Cuando al fin se agotó el tema, Augusta observó las anotaciones de Lovejoy y comprendió que le debía mil libras. «¡ Mil libras!»

– ¡Dios mío! -Horrorizada, se llevó la mano a la boca-. Milord, lamento decirle que por el momento no dispongo de esa suma. -«Ni nunca.» Era imposible reunir esa cantidad de dinero.

La idea de pedirle a su tío que cubriese la deuda le resultaba espantosa. Desde que vivía con él, el tío Thomas había sido en extremo generoso. No podía devolverle su bondad pidiéndole que saldara una deuda de juego de mil libras. Ni pensarlo, el honor de Augusta no lo permitía.

– Señorita Ballinger, le ruego que no se aflija. -Imperturbable, Lovejoy recogió los naipes-. No hay prisa.
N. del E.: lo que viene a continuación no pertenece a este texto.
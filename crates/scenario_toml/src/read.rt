ghost use Rattle.std.specs.Prelude.{◌≡◌, ◌⊎◌, IfOk, IfErr, Ok, Err, Some, None};
ghost use Rattle.toml.specs.View.{table_view};
ghost use Rattle.scenario_toml.specs.declared.fault.ScenarioFault.TheVariants.{NotToml, OutOfMemory};
ghost use Rattle.scenario_toml.specs.Faults.{IsFaultOf};
ghost use Rattle.scenario_toml.specs.Scenario.{tree_of, scenario_in, scenario_of};

mod counts;
mod items;
mod monitors;
mod tapes;
mod threads;
mod top;
mod values;
mod world;

use crate::read::counts::rule_of_counts;
use crate::read::monitors::monitors_of;
use crate::read::tapes::read_tapes;
use crate::read::threads::read_threads;
use crate::read::top::{TOP_NAMES, read_lists, read_parts, read_settings};
use crate::read::values::only;
use crate::read::world::read_world;
use crate::{Scenario, ScenarioFault};
use event_class::Selection;
use std::alloc::Global;
use toml::Table;

/// The scenario of a file, or its first fault. `NotToml` comes exactly where the bytes aren't TOML. Then come, in
/// this order: a key of the top table that isn't known, and each key that is; the tables `world` and `tapes` in
/// the same way; each thread by its kind, a key that isn't known, and each key that is; the number and the sum of
/// the counts; and the cells that the monitors watch. Each fault but `OutOfMemory` comes exactly where it is the
/// first. `OutOfMemory` comes only where memory is refused.
#[tactic(auto, unfolding(crate::specs::Scenario::scenario_of))]
pub fn read_scenario(alloc: Global, text: &[u8]) -> Result<Scenario, ScenarioFault>
    ensures ok { IfOk result (λ scenario. scenario_of text.now ≡ Ok scenario) }
    ensures fault { IfErr result (IsFaultOf (scenario_of text.now)) }
{
    let table = read_tree(alloc, text)?;
    read_table(alloc, &table)
}

// The tree of a file.
fn read_tree(alloc: Global, text: &[u8]) -> Result<Table, ScenarioFault>
    ensures ok { IfOk result (λ table. tree_of text.now ≡ Some (table_view table)) }
    ensures fault { IfErr result (λ fault. (fault ≡ OutOfMemory) ⊎ ((fault ≡ NotToml) × (tree_of text.now ≡ None))) }
{
    match toml::table_from_slice(alloc, text) {
        Ok(table) => Ok(table),
        Err(error) => {
            if error.is_memory() {
                return Err(ScenarioFault::OutOfMemory);
            }
            Err(ScenarioFault::NotToml)
        }
    }
}

// The scenario of a top table.
#[tactic(auto, unfolding(crate::specs::Scenario::scenario_in))]
fn read_table(alloc: Global, table: &Table) -> Result<Scenario, ScenarioFault>
    ensures ok { IfOk result (λ scenario. scenario_in (table_view table.now) ≡ Ok scenario) }
    ensures fault { IfErr result (IsFaultOf (scenario_in (table_view table.now))) }
{
    only(alloc, b"", &TOP_NAMES, table)?;
    let settings = read_settings(alloc, table)?;
    let lists = read_lists(alloc, table)?;
    let parts = read_parts(alloc, table)?;
    let size = read_world(alloc, parts.world)?;
    let tapes = read_tapes(alloc, parts.tapes)?;
    let routines = read_threads(alloc, parts.threads)?;
    let counts = rule_of_counts(alloc, lists.counts, routines.len())?;
    let monitors = monitors_of(alloc, lists.watches.as_slice(), size.cells)?;
    Ok(Scenario {
        strategy: settings.strategy,
        seed: settings.seed,
        depth: settings.depth,
        max_steps: settings.max_steps,
        select: Selection::new(lists.select),
        counts,
        monitors,
        size,
        tapes,
        routines,
    })
}

#[cfg(test)]
mod tests;
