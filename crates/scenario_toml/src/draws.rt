//! The draws of a plan: from the tapes of the file, or from a seed.

ghost use Rattle.std.specs.Prelude.{◌≡◌, IfOk, option_map};
ghost use Rattle.scenario_toml.specs.Draws.{other_draws_of, selected_draws_of, stream_by, tapes_by};

use crate::entries::Entries;
use crate::{Choice, Scenario, Strategy};
use seed_draws::{AnyDraws, Seeded};
use std::alloc::Global;
use surw_base::OutOfMemory;

/// The stream of a seed for the selected draws.
pub(crate) const SELECTED_STREAM: u64 = 1;

/// The stream of a seed for the other draws.
pub(crate) const OTHER_STREAM: u64 = 2;

/// The stream of a seed for the selected draws under PCT.
pub(crate) const PCT_STREAM: u64 = 3;

impl Scenario {
    /// The selected draws of a plan under a choice. An error comes only where memory is refused.
    pub(crate) fn selected_draws(
        &self,
        alloc: Global,
        choice: &Choice,
    ) -> Result<AnyDraws, OutOfMemory>
        ensures { IfOk result (λ draws. draws ≡ selected_draws_of self.now choice.now) }
    {
        match self.tapes_by(choice) {
            Some(tapes) => tapes.selected_draws(alloc),
            None => {
                let stream = stream_by(self.strategy(choice));
                Ok(AnyDraws::Seed(Seeded::new(self.seed(choice), stream)))
            }
        }
    }

    /// The other draws of a plan under a choice. An error comes only where memory is refused.
    pub(crate) fn other_draws(
        &self,
        alloc: Global,
        choice: &Choice,
    ) -> Result<AnyDraws, OutOfMemory>
        ensures { IfOk result (λ draws. draws ≡ other_draws_of self.now choice.now) }
    {
        match self.tapes_by(choice) {
            Some(tapes) => tapes.other_draws(alloc),
            None => Ok(AnyDraws::Seed(Seeded::new(self.seed(choice), OTHER_STREAM))),
        }
    }

    // The tapes of the file, where no seed is chosen.
    fn tapes_by(&self, choice: &Choice) -> Option<&Entries>
        ensures { option_map (λ tapes. tapes.now) result ≡ tapes_by self.now choice.now }
    {
        match choice.seed {
            Some(_) => None,
            None => self.tapes.as_ref(),
        }
    }
}

// The stream of the selected draws under a strategy.
fn stream_by(strategy: Strategy) -> u64
    ensures { result ≡ stream_by strategy }
{
    match strategy {
        Strategy::Pct => PCT_STREAM,
        Strategy::Urw | Strategy::Surw | Strategy::Plain => SELECTED_STREAM,
    }
}
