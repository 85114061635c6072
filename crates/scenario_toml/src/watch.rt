ghost use Rattle.std.specs.Prelude.{ℕ, ◌≡◌, ◌++◌, codes, IfOk, IfSome, Some};
ghost use Rattle.scenario_toml.specs.declared.watch.Watch.{Watch};
ghost use Rattle.scenario_toml.specs.declared.watch.Watch.TheVariants.{CellEnd};
ghost use Rattle.scenario_toml.specs.WatchText.{IsWatchText, AreTwoNumbers};
ghost use Rattle.scenario_toml.specs.Texts.{watch_of, watch_text};

use std::alloc::Global;
use surw_base::{OutOfMemory, push_number, read_number, read_whole_number};

/// What a file says is watched for. The cell need not be there.
#[derive(Clone, Copy, Debug, PartialEq, Eq)]
pub(crate) enum Watch {
    /// The stamps on the disk.
    WriteAhead,
    /// The slots of the log.
    LogWhole,
    /// The checks.
    Expect,
    /// A cell's value at the end.
    CellEnd {
        /// The number of the cell.
        cell: u64,
        /// The value that it should have.
        value: u64,
    },
}

impl Watch {
    // What a whole text says.
    pub(crate) fn of(text: &[u8]) -> Option<Watch>
        ensures { result ≡ watch_of text.now }
    {
        read_watch(text)
    }

    // Its text.
    pub(crate) fn text(&self, alloc: Global) -> Result<Vec<u8>, OutOfMemory>
        ensures { IfOk result (λ text. text.items ≡ watch_text self.now) }
    {
        match *self {
            Watch::WriteAhead => Ok(Vec::from_slice(alloc, b"write_ahead")?),
            Watch::LogWhole => Ok(Vec::from_slice(alloc, b"log_whole")?),
            Watch::Expect => Ok(Vec::from_slice(alloc, b"expect")?),
            Watch::CellEnd { cell, value } => {
                let mut text = Vec::from_slice(alloc, b"cell_end ")?;
                push_number(&mut text, cell)?;
                text.push(b' ')?;
                push_number(&mut text, value)?;
                Ok(text)
            }
        }
    }
}

// What a whole text says.
fn read_watch(text: &[u8]) -> Option<Watch>
    ensures found { IfSome result (IsWatchText text.now) }
    ensures only { (watch : Watch) → IsWatchText text.now watch → result ≡ Some watch }
{
    if text == b"write_ahead".as_slice() {
        return Some(Watch::WriteAhead);
    }
    if text == b"log_whole".as_slice() {
        return Some(Watch::LogWhole);
    }
    if text == b"expect".as_slice() {
        return Some(Watch::Expect);
    }
    if !text.starts_with(b"cell_end ") {
        return None;
    }
    let (_, numbers) = text.split_at(9);
    cell_end(numbers)
}

// The end of a cell with these two numbers.
fn cell_end(text: &[u8]) -> Option<Watch>
    ensures found { IfSome result (λ watch. IsWatchText (codes "cell_end " ++ text.now) watch) }
    ensures only { (cell value : ℕ) → AreTwoNumbers text.now cell value → result ≡ Some (CellEnd cell value) }
{
    let Some((cell, len)) = read_number(text) else {
        return None;
    };
    if len == text.len() || text[len] != b' ' {
        return None;
    }
    let (_, digits) = text.split_at(len + 1);
    match read_whole_number(digits) {
        Some(value) => Some(Watch::CellEnd { cell, value }),
        None => None,
    }
}
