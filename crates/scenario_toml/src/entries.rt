ghost use Rattle.std.specs.Prelude.{◌≡◌, IfOk};
ghost use Rattle.seed_draws.specs.declared.any_draws.AnyDraws.TheVariants.{Strict, Loose};
ghost use Rattle.scenario_toml.specs.Draws.{whole};

use seed_draws::{AnyDraws, LooseTape, StrictTape};
use std::alloc::Global;
use std::marker::Model;
use surw_base::OutOfMemory;

/// The entries of the two tapes of a file, at most `STEPS` each.
#[derive(Debug, Drop)]
pub(crate) struct Entries {
    /// Those of the selected draws.
    pub(crate) selected: Vec<u64>,
    /// Those of the other draws.
    pub(crate) other: Vec<u64>,
}

impl Model for Entries {
    ghost use Rattle.std.specs.Prelude.{◌≤◌, length};
    ghost use Rattle.surw_base.specs.declared.limits.TheConstants.{STEPS};
    ghost use Rattle.scenario_toml.specs.Tapes.{Entries};

    ghost Value = { Entries };

    ghost view = { λ tapes. record { selected = tapes.selected.items; other = tapes.other.items } };

    ghost invariant = { λ tapes. (length tapes.selected.items ≤ STEPS) × (length tapes.other.items ≤ STEPS) };
}

impl Entries {
    /// The draws of the tape `selected`, which refuses what it can't answer. An error comes only where memory is refused.
    pub(crate) fn selected_draws(&self, alloc: Global) -> Result<AnyDraws, OutOfMemory>
        ensures { IfOk result (λ draws. draws ≡ Strict (whole self.now.selected)) }
    {
        let entries = Vec::from_slice(alloc, self.selected.as_slice())?;
        Ok(AnyDraws::Strict(StrictTape::new(entries)))
    }

    /// The draws of the tape `other`, which never refuses. An error comes only where memory is refused.
    pub(crate) fn other_draws(&self, alloc: Global) -> Result<AnyDraws, OutOfMemory>
        ensures { IfOk result (λ draws. draws ≡ Loose (whole self.now.other)) }
    {
        let entries = Vec::from_slice(alloc, self.other.as_slice())?;
        Ok(AnyDraws::Loose(LooseTape::new(entries)))
    }
}
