//! A log device: slots that are reserved one after another and filled once, and a mark that only rises.
#![tactic(auto)]

mod log;

pub use log::WalLog;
Si me da usted un documento escrito, me complacerá esperar hasta que pueda reunir el dinero para pagar la deuda. Estoy seguro de que podremos llegar a algún arreglo.

Muda, con el corazón agitado por la enormidad de lo que acababa de hacer, Augusta firmó un pagaré por valor de mil libras. Luego se puso de pie, sintiendo que temblaba de tal manera que estaba a punto de desmayarse.

– Si me disculpa, caballero -logró decir con considerable calma-, debo regresar al baile. Mi prima debe de preguntarse dónde estoy.

– Claro. Cuando pueda ocuparse de la deuda, avíseme. Pensaremos en algún arreglo de mutua conveniencia. -Lovejoy mostró una sonrisa insinuante.

Augusta se preguntó por qué no había notado anteriormente el desagradable brillo de aquellos ojos verdes.

– Señor, ¿me da su palabra de caballero de que no le dirá nada a nadie de este incidente? No quisiera que mi tío o alguna otra persona se enteraran.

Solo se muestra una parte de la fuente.